Hey! Someone ELSE who has discovered the numbers! 
I will give you an example... There is a guy here near US that does salt...ALOT of it. He runs around 40 some trucks a night (mostly subs), just so he has massive amounts of area to salt. He now does WELL over $20,000 a night in salt alone. Many of his places, he doesn't really hardly make any money on in plowing - and he doesn't care. That is part of his strategy. He will go in and plow these places for prices that no one else can touch. he does this just so he has these places to salt. the plowing is sort of a "loss leader". 
His mowing and maintenance work isn't exactly the "finest around", either...but he doesn't care. he makes it up in numbers. After doing just over 2 mil last year, the numbers don't lie. he has built a heck of a business in a few short years. He isn't afraid to take chances, though.


----------



## lawnprolawns (Oct 31, 2008)

So..just to make sure I hear you right, there's a lot of money in salt and this thinking of mine is correct?


----------



## Bruce'sEx (Sep 16, 2006)

More money in Salting then Plowing.


----------



## JDiepstra (Sep 15, 2008)

Assuming you have the ability to get enough to last the season, store it, load it, and spread it in large quantities.


----------



## blowerman (Dec 24, 2007)

I could name a few "big companies" in the milwaukee that hardly make anything off of plowing. Most of their money is made in salting and sidewalk crews.


----------



## lawnprolawns (Oct 31, 2008)

I understand that it's more expensive for customers than plowing and more profitable.. I was just surprised that it ended up being more $$ than everything else combined for the rest of the year. Oh well.. works for me.  payup


----------



## John Mac (Feb 5, 2005)

Those numbers are not exactly how they Look. Salting requires inventory, that inventory is sold at a 50% margin gross profit, not net, so you end up with half the gross sales as gross profit before expenses, if your lucky. Plowing requires no inventory just equipment and manpower. Salting requires a large investment in start up cost, I would say more than plowing. Salting is harder on trucks than just plowing, I know I will have to debate this but that's what I have seen. Salting is used less later in the season because of warmer days, at least thats the way I have to do it. I am not suggesting that salting isn't very good but just make sure you add up all the numbers. If you are debating salt or not, you should be salting if you want to do commercial parking lots.


----------



## QuadPlower (Jan 4, 2007)

John Mac is right.

You're plowing is 280 each time - fuel - maybe labor
Your salting is 280 each time - fuel - maybe labor - cost of salt - loader cost (fuel & operator).

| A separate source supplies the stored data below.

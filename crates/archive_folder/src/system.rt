//! A folder of the system. That it is honest is a premise: no contract can give it.
ghost use Rattle.std.specs.Prelude.{◌≡◌, ℕ, List, [], None, Some, IfOk, IfErr, IfSome, string_bytes};
ghost use Rattle.archive_folder.specs.declared.names.FileName.{FileName as FileNameOf};
ghost use Rattle.disk_model.specs.Image.{settled};
ghost use Rattle.archive_folder.specs.Names.{Nowhere};

use crate::{FaultKind, FileFacts, FileFolder, FileName, RawFolder};
use disk_model::{DiskFault, FileDisk, Memory, RawFile};
use std::alloc::{Alloc, Global};
use std::fs::{self, File, OpenFile, OpenOptions};
use std::io::{self, ErrorKind};
use std::os::unix::fs::FileExt;
use std::rt::Files;

/// How the names of files are spelt.
pub trait Naming {
    /// The texts of a name.
    ghost spells: { FileNameOf → List ℕ → Type 0 };

    /// The names of which all that they say can be told.
    ghost is_told: { FileNameOf → Type 0 };

    /// What a name says, if it is one of ours.
    fn read(&self, text: &str) -> Option<FileName>
        ensures spelt { IfSome result (λ name. spells name text.now) }
        ensures each { (name : FileNameOf) → is_told name → spells name text.now → result ≡ Some name };

    /// The name's text, which ends in `.ogg`. After an error memory was refused.
    fn write(&self, alloc: Global, name: FileName) -> Result<String, FaultKind>
        ensures spelt { IfOk result (λ text. spells name (string_bytes text)) }
        ensures memory { IfErr result (λ kind. kind ≡ FaultKind.Memory) };
}

/// A folder of the system: `R` opens its files, and `N` spells their names.
#[derive(Drop)]
pub struct SystemFolder<F: OpenFile + FileExt + Drop, R: Files<File = F>, N: Naming> {
    rt: R,
    naming: N,
    alloc: Global,
    /// Its path, with a slash at the end.
    path: String,
    given_back: Option<(u64, FileDisk<SystemFile<F>>)>,
}

/// A file of the system that keeps why it failed last.
#[derive(Drop)]
pub struct SystemFile<F: OpenFile + FileExt + Drop> {
    file: F,
    /// Whether it may be that it was never synced.
    is_new: bool,
    last: Option<FaultKind>,
}

impl<F: OpenFile + FileExt + Drop> SystemFile<F> {
    /// A file that was opened. It may be that it was never synced.
    pub fn over(file: F) -> SystemFile<F> {
        SystemFile {
            file,
            is_new: true,
            last: None,
        }
    }
}

impl<
    F: OpenFile + FileExt + Drop,
    R: Files<File = F> + Alloc + Clone + Drop,
    N: Naming + Drop,
> SystemFolder<F, R, N> {
    ghost use Rattle.archive_folder.specs.FileFolder.{last_of, failures_of};

    /// The folder at a path. Nothing of it is looked at yet.
    pub fn at(
        alloc: Global,
        rt: R,
        naming: N,
        path: &str,
    ) -> Result<FileFolder<SystemFolder<F, R, N>>, Memory>
        ensures last { IfOk result (λ folder. last_of folder ≡ None) }
        ensures failures { IfOk result (λ folder. failures_of folder ≡ 0) }
    {
        let mut whole = String::from_str(alloc, path)?;
        if !path.ends_with('/') {
            whole.push('/')?;
        }
        Ok(FileFolder::over(SystemFolder {
            rt,
            naming,
            alloc,
            path: whole,
            given_back: None,
        }))
    }

    /// Whether the file with this number is open still.
    fn has_open(&self, number: u64) -> bool {
        match &self.given_back {
            Some((back, _)) => *back == number,
            None => false,
        }
    }

    /// The path of a file.
    fn path_of(&self, name: FileName) -> Result<String, FaultKind> {
        let text = self.naming.write(self.alloc, name)?;
        joined(self.alloc, self.path.as_str(), text.as_str())
    }
}

/// One text after the other.
fn joined(alloc: Global, front: &str, rest: &str) -> Result<String, FaultKind> {
    let Ok(mut text) = String::from_str(alloc, front) else {
        return Err(FaultKind::Memory);
    };
    match text.push_str(rest) {
        Ok(()) => Ok(text),
        Err(Memory) => Err(FaultKind::Memory),
    }
}

/// The path of the times that stand beside a file.
fn times_beside(alloc: Global, path: &str) -> Result<String, FaultKind> {
    joined(alloc, path.strip_suffix(".ogg").unwrap_or(path), ".times")
}

/// The path of the mark that keeps a file.
fn mark_beside(alloc: Global, path: &str) -> Result<String, FaultKind> {
    joined(alloc, path, ".keep")
}

/// How long a file is, if there is one.
fn length_of<R: Files>(rt: &R, path: &str) -> Result<Option<u64>, FaultKind> {
    match fs::metadata(rt, path) {
        Ok(metadata) => Ok(Some(metadata.len())),
        Err(error) if error.kind() == ErrorKind::NotFound => Ok(None),
        Err(error) => Err(kind_of(&error)),
    }
}

/// Removes a file, if there is one.
fn remove_if_there<R: Files>(rt: &R, path: &str) -> Result<(), FaultKind> {
    match fs::remove_file(rt, path) {
        Ok(()) => Ok(()),
        Err(error) if error.kind() == ErrorKind::NotFound => Ok(()),
        Err(error) => Err(kind_of(&error)),
    }
}

fn kind_of(error: &io::Error) -> FaultKind {
    match error.kind() {
        ErrorKind::StorageFull | ErrorKind::QuotaExceeded => FaultKind::Full,
        ErrorKind::OutOfMemory => FaultKind::Memory,
        _ => FaultKind::Refused,
    }
}

impl<
    F: OpenFile + FileExt + Drop,
    R: Files<File = F> + Alloc + Clone + Drop,
    N: Naming + Drop,
> RawFolder for SystemFolder<F, R, N> {
    type File = FileDisk<SystemFile<F>>;

    ghost names = { λ _. [] };

    ghost file = { λ _ _. Nowhere };

    ghost is_honest = { λ _. ⊥ };

    ghost moment = { λ _. 0 };

    ghost left_since = { λ _ _ _. ⊥ };

    ghost laws = { λ _ honest. absurd honest };

    fn entries(&mut self, alloc: Global) -> Result<Vec<FileName>, FaultKind> {
        let mut files = Vec::new(alloc);
        let entries = match fs::read_dir(&self.rt, self.path.as_str()) {
            Ok(entries) => entries,
            Err(error) => return Err(kind_of(&error)),
        };
        for entry in entries {
            match entry {
                Ok(entry) => {
                    if let Some(name) = self.naming.read(entry.file_name()) {
                        push_name(&mut files, name)?;
                    }
                }
                // A name that is no text isn't ours.
                Err(error) if error.kind() == ErrorKind::InvalidFilename => {}
                Err(error) => return Err(kind_of(&error)),
            }
        }
        Ok(files)
    }

    fn facts(&mut self, name: FileName) -> Result<FileFacts, FaultKind> {
        let path = self.path_of(name)?;
        let times = times_beside(self.alloc, path.as_str())?;
        let mark = mark_beside(self.alloc, path.as_str())?;
        let length = length_of(&self.rt, path.as_str())?.unwrap_or(0);
        let beside = length_of(&self.rt, times.as_str())?.unwrap_or(0);
        Ok(FileFacts {
            bytes: length.saturating_add(beside),
            is_held: length_of(&self.rt, mark.as_str())?.is_some(),
        })
    }

    fn create_new(&mut self, name: FileName) -> Result<FileDisk<SystemFile<F>>, FaultKind> {
        let path = self.path_of(name)?;
        match File::create_new(&self.rt, path.as_str()) {
            Ok(file) => Ok(FileDisk::over(SystemFile::over(file))),
            Err(error) => Err(kind_of(&error)),
        }
    }

    fn open(&mut self, name: FileName) -> Result<FileDisk<SystemFile<F>>, FaultKind> {
        if let Some((number, disk)) = self.given_back.take() {
            if number == name.number {
                return Ok(disk);
            }
        }
        let path = self.path_of(name)?;
        let mut options = OpenOptions::new();
        options.read(true);
        options.write(true);
        match options.open(&self.rt, path.as_str()) {
            Ok(file) => Ok(FileDisk::over(SystemFile::over(file))),
            Err(error) => Err(kind_of(&error)),
        }
    }

    fn take_back(&mut self, number: u64, disk: FileDisk<SystemFile<F>>) -> Option<FaultKind> {
        let mut file = disk.into_inner();
        let last = file.last.take();
        self.given_back = Some((number, FileDisk::over(file)));
        last
    }

    fn remove_file(&mut self, name: FileName) -> Result<(), FaultKind> {
        let path = self.path_of(name)?;
        let times = times_beside(self.alloc, path.as_str())?;
        // While a file is open its bytes stay on the device.
        if self.has_open(name.number) {
            self.given_back = None;
        }
        match fs::remove_file(&self.rt, path.as_str()) {
            Ok(()) => remove_if_there(&self.rt, times.as_str()),
            Err(error) => Err(kind_of(&error)),
        }
    }

    fn sync_all(&mut self) -> Result<(), FaultKind> {
        let folder = match File::open(&self.rt, self.path.as_str()) {
            Ok(folder) => folder,
            Err(error) => return Err(kind_of(&error)),
        };
        match OpenFile::sync_all(&folder) {
            Ok(()) => Ok(()),
            Err(error) => Err(kind_of(&error)),
        }
    }
}

fn push_name(files: &mut Vec<FileName>, name: FileName) -> Result<(), FaultKind> {
    match files.reserve(1) {
        Ok(()) => {
            files.push_reserved(name);
            Ok(())
        }
        Err(Memory) => Err(FaultKind::Memory),
    }
}

/// Keeps why a call of a file failed.
fn note(last: &mut Option<FaultKind>, error: &io::Error) -> DiskFault {
    *last = Some(kind_of(error));
    DiskFault
}

impl<F: OpenFile + FileExt + Drop> RawFile for SystemFile<F> {
    ghost state = { λ _. settled [] };

    ghost is_honest = { λ _. ⊥ };

    ghost moment = { λ _. 0 };

    ghost images_since = { λ _ _ _. ⊥ };

    ghost laws = { λ _ honest. absurd honest };

    fn size(&mut self) -> Result<u64, DiskFault> {
        let answer = OpenFile::metadata(&self.file);
        match answer {
            Ok(metadata) => Ok(metadata.len()),
            Err(error) => Err(note(&mut self.last, &error)),
        }
    }

    fn read_some(&mut self, at: u64, buffer: &mut [u8]) -> Result<usize, DiskFault> {
        match FileExt::read_at(&self.file, buffer, at) {
            Ok(count) => Ok(count),
            Err(error) => Err(note(&mut self.last, &error)),
        }
    }

    fn write_some(&mut self, at: u64, bytes: &[u8]) -> Result<usize, DiskFault> {
        match FileExt::write_at(&self.file, bytes, at) {
            Ok(count) => Ok(count),
            Err(error) => Err(note(&mut self.last, &error)),
        }
    }

    fn set_size(&mut self, to: u64) -> Result<(), DiskFault> {
        match OpenFile::set_len(&self.file, to) {
            Ok(()) => Ok(()),
            Err(error) => Err(note(&mut self.last, &error)),
        }
    }

    /// The first sync of a file that may be new is of all that the system keeps of it.
    fn sync_data(&mut self) -> Result<(), DiskFault> {
        let answer = if self.is_new {
            OpenFile::sync_all(&self.file)
        } else {
            OpenFile::sync_data(&self.file)
        };
        match answer {
            Ok(()) => {
                self.is_new = false;
                Ok(())
            }
            Err(error) => Err(note(&mut self.last, &error)),
        }
    }
}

Both of them have all the other stuff like ins, license, etc.

What is your profit on plowing x 12?
What is your profit on salting x 30?

Salting is still good money.


----------



## Sydenstricker Landscaping (Dec 17, 2006)

Salting is very good money indeed. But I highly doubt it will ever, ever surpass any of my landscaping/lawn care numbers. If you do alot of it and have the right places, then it may be possible.


----------



## Burkartsplow (Nov 1, 2007)

salting is where the money is at. I make more money is about 30 days of work during the winter months then I make in four months of summer work. Once I start doing more paver installs those numbers will change, but for now I am happy.


----------



## Superior L & L (Oct 6, 2006)

lawnprolawns;754852 said:


> I'm looking at some properties and just throwing some rough numbers into the computer.
> 
> Adding everything up, salting is more $$ than just about everything else combined. As you can see here:
> 
> ...


I know people are saying that you have a product cost in your number, but you have to look at what you can generate in a event. Each salt/liquid truck will typically cover three plow routes. So the revenues are way higher than a night of plowing even after you take out salt cost.There is also way less trucks on the road and less labor on the clock.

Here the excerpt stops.